[Dataset items]
····················

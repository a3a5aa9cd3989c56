// The record stream ("Records and the runner"): the record at a place of it, and a reader that keeps the stream with its place.
//
//     TK   C, D, T of 4 bytes each        14 bytes in all      a task of the table
//     RL   a reading, a task byte          7                   release
//     DN   a reading, a task byte          7                   done
//     TM   a reading                       6                   clock
//
// Numbers are little-endian. Each function takes a few steps.
#![tactic(auto)]

ghost use Rattle.std.specs.Prelude.{◌≡◌, ◌+◌, ◌-◌, ◌≤◌, length, IfErr};
ghost use Rattle.std.specs.Iterator.{at_most};
ghost use Rattle.rules.specs.Records.{word, record_at};
ghost use Rattle.records.specs.Read.{mark_in, size_in, says_in, read_as, found_in};

use kernel::{Call, Task, TaskNo};

// The two bytes before a record.
#[derive(Clone, Copy)]
enum Mark {
    Task,
    Release,
    Done,
    Clock,
}

// What a record says: a task of the table, or an event, "calls (release, done, clock)".
#[derive(Clone, Copy)]
pub enum Record {
    Task(Task),
    Event(Call),
}

// "unknown mark, or a record cut off": at this offset.
#[derive(Clone, Copy, Debug, PartialEq, Eq)]
pub struct Unreadable(pub usize);

impl Mark {
    // The table of marks: the two bytes,
    fn of(first: u8, second: u8) -> Option<Mark>
        ensures { result ≡ mark_in first second }
    {
        match (first, second) {
            (b'T', b'K') => Some(Mark::Task),
            (b'R', b'L') => Some(Mark::Release),
            (b'D', b'N') => Some(Mark::Done),
            (b'T', b'M') => Some(Mark::Clock),
            _ => None,
        }
    }

    // and how many bytes the record has with them.
    fn size(self) -> usize
        ensures { result ≡ size_in self }
    {
        match self {
            Mark::Task => 14,
            Mark::Release => 7,
            Mark::Done => 7,
            Mark::Clock => 6,
        }
    }
}

// What the record of a mark says, where all its bytes are there.
fn body_at(stream: &[u8], at: usize, mark: Mark) -> Record
    requires { at + size_in mark ≤ length stream.now }
    ensures { read_as result (size_in mark) ≡ says_in stream.now at mark }
{
    match mark {
        Mark::Task => Record::Task(Task {
            c: word_at(stream, at + 2),
            d: word_at(stream, at + 6),
            t: word_at(stream, at + 10),
        }),
        Mark::Release => Record::Event(Call::Release {
            reading: word_at(stream, at + 2),
            task: TaskNo(stream[at + 6]),
        }),
        Mark::Done => Record::Event(Call::Done {
            reading: word_at(stream, at + 2),
            task: TaskNo(stream[at + 6]),
        }),
        Mark::Clock => Record::Event(Call::Clock {
            reading: word_at(stream, at + 2),
        }),
    }
}

// "Numbers are little-endian": the number that the four bytes from a place on say. (An inner form: its callers have tested that there are four.)
pub fn word_at(stream: &[u8], at: usize) -> u32
    requires { at + 4 ≤ length stream.now }
    ensures { result ≡ word stream.now at }
{
    u32::from_le_bytes([stream[at], stream[at + 1], stream[at + 2], stream[at + 3]])
}

// What stands at a place of a stream, whatever the place: a record and its size, or nothing where the stream has ended.
pub fn record_at(stream: &[u8], at: usize) -> Result<Option<(Record, usize)>, Unreadable>
    ensures found { found_in result ≡ record_at stream.now at }
    ensures offset { IfErr result (λ e. e.0 ≡ at) }
{
    if stream.len() <= at {
        return Ok(None);
    }
    if stream.len() - at < 2 {
        return Err(Unreadable(at));
    }
    let mark = Mark::of(stream[at], stream[at + 1]).ok_or(Unreadable(at))?;
    let size = mark.size();
    if stream.len() - at < size {
        return Err(Unreadable(at));
    }
    Ok(Some((body_at(stream, at, mark), size)))
}

// "The record reader keeps the stream it reads together with its place in it." (A place, and no rest of the stream: the rules speak of places.)
#[derive(Clone, Copy)]
pub struct Reader<'a> {
    pub stream: &'a [u8],
    pub at: usize,
}

impl<'a> Reader<'a> {
    // A stream, from its front.
    pub fn new(stream: &'a [u8]) -> Reader<'a>
        ensures { (result.stream ≡ stream.entry) × (result.at ≡ 0) }
    {
        Reader { stream, at: 0 }
    }

    // The same stream, at another place.
    pub fn moved(self, at: usize) -> Reader<'a>
        ensures { (result.stream ≡ self.entry.stream) × (result.at ≡ at) }
    {
        Reader { at, ..self }
    }
}

// The records from the reader's place on, each with its offset. Behind one that cannot be read there are none.
impl<'a> Iterator for Reader<'a> {
    type Item = Result<(usize, Record), Unreadable>;

    ghost use Rattle.records.specs.Turns.{Turns};

    ghost next_gives = { Turns };

    ghost remaining = { λ r. at_most (length r.stream.now - r.at) };

    fn next(&mut self) -> Option<Result<(usize, Record), Unreadable>> {
        let at = self.at;
        match record_at(self.stream, at) {
            Ok(None) => None,
            Ok(Some((record, size))) => {
                self.at += size;
                Some(Ok((at, record)))
            }
            Err(unreadable) => {
                self.at = self.stream.len();
                Some(Err(unreadable))
            }
        }
    }
}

····················

ACTIVITY: Retype only this portion of the data above: the line containing "at this offset.", the line containing "stream has ended.", and all lines between them, exactly.

FINAL ANSWER:
// "unknown mark, or a record cut off": at this offset.
#[derive(Clone, Copy, Debug, PartialEq, Eq)]
pub struct Unreadable(pub usize);

impl Mark {
    // The table of marks: the two bytes,
    fn of(first: u8, second: u8) -> Option<Mark>
        ensures { result ≡ mark_in first second }
    {
        match (first, second) {
            (b'T', b'K') => Some(Mark::Task),
            (b'R', b'L') => Some(Mark::Release),
            (b'D', b'N') => Some(Mark::Done),
            (b'T', b'M') => Some(Mark::Clock),
            _ => None,
        }
    }

    // and how many bytes the record has with them.
    fn size(self) -> usize
        ensures { result ≡ size_in self }
    {
        match self {
            Mark::Task => 14,
            Mark::Release => 7,
            Mark::Done => 7,
            Mark::Clock => 6,
        }
    }
}

// What the record of a mark says, where all its bytes are there.
fn body_at(stream: &[u8], at: usize, mark: Mark) -> Record
    requires { at + size_in mark ≤ length stream.now }
    ensures { read_as result (size_in mark) ≡ says_in stream.now at mark }
{
    match mark {
        Mark::Task => Record::Task(Task {
            c: word_at(stream, at + 2),
            d: word_at(stream, at + 6),
            t: word_at(stream, at + 10),
        }),
        Mark::Release => Record::Event(Call::Release {
            reading: word_at(stream, at + 2),
            task: TaskNo(stream[at + 6]),
        }),
        Mark::Done => Record::Event(Call::Done {
            reading: word_at(stream, at + 2),
            task: TaskNo(stream[at + 6]),
        }),
        Mark::Clock => Record::Event(Call::Clock {
            reading: word_at(stream, at + 2),
        }),
    }
}

// "Numbers are little-endian": the number that the four bytes from a place on say. (An inner form: its callers have tested that there are four.)
pub fn word_at(stream: &[u8], at: usize) -> u32
    requires { at + 4 ≤ length stream.now }
    ensures { result ≡ word stream.now at }
{
    u32::from_le_bytes([stream[at], stream[at + 1], stream[at + 2], stream[at + 3]])
}

// What stands at a place of a stream, whatever the place: a record and its size, or nothing where the stream has ended.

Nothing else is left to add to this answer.